• **WHAT IS EXPECTED**
With both ends included, transcribe exactly the records below from their first line to the line that contains "record that the".

START DATA RECORDS

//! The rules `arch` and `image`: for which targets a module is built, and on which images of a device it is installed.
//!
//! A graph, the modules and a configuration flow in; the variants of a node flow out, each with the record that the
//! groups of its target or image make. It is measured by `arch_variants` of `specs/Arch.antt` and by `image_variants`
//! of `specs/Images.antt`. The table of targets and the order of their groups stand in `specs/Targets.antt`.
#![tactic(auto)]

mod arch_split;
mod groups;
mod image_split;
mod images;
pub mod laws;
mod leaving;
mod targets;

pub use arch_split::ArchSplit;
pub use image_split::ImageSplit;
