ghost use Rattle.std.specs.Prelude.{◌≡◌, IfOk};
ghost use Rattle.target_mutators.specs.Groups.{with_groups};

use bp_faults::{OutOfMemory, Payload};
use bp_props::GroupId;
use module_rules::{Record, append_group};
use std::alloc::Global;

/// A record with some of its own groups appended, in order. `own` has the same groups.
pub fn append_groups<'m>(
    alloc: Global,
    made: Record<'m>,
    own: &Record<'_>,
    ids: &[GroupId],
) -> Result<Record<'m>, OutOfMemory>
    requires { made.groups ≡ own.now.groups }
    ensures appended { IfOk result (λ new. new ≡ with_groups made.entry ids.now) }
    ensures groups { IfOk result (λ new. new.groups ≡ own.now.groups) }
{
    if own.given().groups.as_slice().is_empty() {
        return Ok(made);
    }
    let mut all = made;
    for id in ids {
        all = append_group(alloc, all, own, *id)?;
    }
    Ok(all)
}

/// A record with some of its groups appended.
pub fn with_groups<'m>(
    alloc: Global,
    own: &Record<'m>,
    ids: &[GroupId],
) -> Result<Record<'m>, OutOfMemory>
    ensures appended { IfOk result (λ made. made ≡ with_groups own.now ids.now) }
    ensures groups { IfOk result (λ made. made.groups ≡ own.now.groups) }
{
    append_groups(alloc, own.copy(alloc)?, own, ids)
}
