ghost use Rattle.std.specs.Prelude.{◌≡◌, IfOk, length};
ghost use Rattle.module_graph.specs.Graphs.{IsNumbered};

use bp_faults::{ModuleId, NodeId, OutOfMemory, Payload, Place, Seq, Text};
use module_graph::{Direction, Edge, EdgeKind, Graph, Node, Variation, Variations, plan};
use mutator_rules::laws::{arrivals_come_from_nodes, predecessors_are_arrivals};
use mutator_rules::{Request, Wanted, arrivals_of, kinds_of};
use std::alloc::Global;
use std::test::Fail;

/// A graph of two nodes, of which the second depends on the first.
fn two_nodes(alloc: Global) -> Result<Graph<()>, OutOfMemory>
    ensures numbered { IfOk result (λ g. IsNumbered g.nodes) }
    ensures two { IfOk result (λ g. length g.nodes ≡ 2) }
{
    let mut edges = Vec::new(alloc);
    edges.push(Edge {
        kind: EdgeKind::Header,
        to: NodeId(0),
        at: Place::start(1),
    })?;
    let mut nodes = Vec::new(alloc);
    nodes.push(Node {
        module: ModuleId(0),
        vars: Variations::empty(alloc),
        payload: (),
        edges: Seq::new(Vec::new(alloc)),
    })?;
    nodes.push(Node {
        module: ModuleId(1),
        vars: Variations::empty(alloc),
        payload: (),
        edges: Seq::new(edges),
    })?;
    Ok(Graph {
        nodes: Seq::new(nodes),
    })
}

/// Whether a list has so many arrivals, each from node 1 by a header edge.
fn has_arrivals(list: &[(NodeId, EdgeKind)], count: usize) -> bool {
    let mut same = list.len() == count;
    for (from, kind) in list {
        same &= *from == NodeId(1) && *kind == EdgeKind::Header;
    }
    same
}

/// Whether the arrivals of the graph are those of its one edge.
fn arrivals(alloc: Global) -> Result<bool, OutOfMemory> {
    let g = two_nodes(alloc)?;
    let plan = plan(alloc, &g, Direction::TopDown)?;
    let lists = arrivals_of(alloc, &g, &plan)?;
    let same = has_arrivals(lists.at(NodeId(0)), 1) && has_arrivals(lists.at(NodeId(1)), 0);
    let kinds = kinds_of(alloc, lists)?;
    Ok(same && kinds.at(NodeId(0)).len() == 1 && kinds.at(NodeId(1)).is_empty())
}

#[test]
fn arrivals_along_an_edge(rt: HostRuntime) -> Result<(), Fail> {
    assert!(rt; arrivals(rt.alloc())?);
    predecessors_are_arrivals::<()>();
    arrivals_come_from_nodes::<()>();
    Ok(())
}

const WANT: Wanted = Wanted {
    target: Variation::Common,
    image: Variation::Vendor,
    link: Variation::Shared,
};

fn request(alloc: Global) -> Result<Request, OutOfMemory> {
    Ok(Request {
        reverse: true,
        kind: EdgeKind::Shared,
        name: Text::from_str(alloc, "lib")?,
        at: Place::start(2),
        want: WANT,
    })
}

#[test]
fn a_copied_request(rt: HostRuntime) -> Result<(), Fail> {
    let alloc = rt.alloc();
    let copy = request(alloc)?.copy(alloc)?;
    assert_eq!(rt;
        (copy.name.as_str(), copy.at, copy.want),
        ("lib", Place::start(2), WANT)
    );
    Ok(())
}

END DATA RECORDS

• **ANSWER BOX**
//! The rules `arch` and `image`: for which targets a module is built, and on which images of a device it is installed.
//!
//! A graph, the modules and a configuration flow in; the variants of a node flow out, each with the record that the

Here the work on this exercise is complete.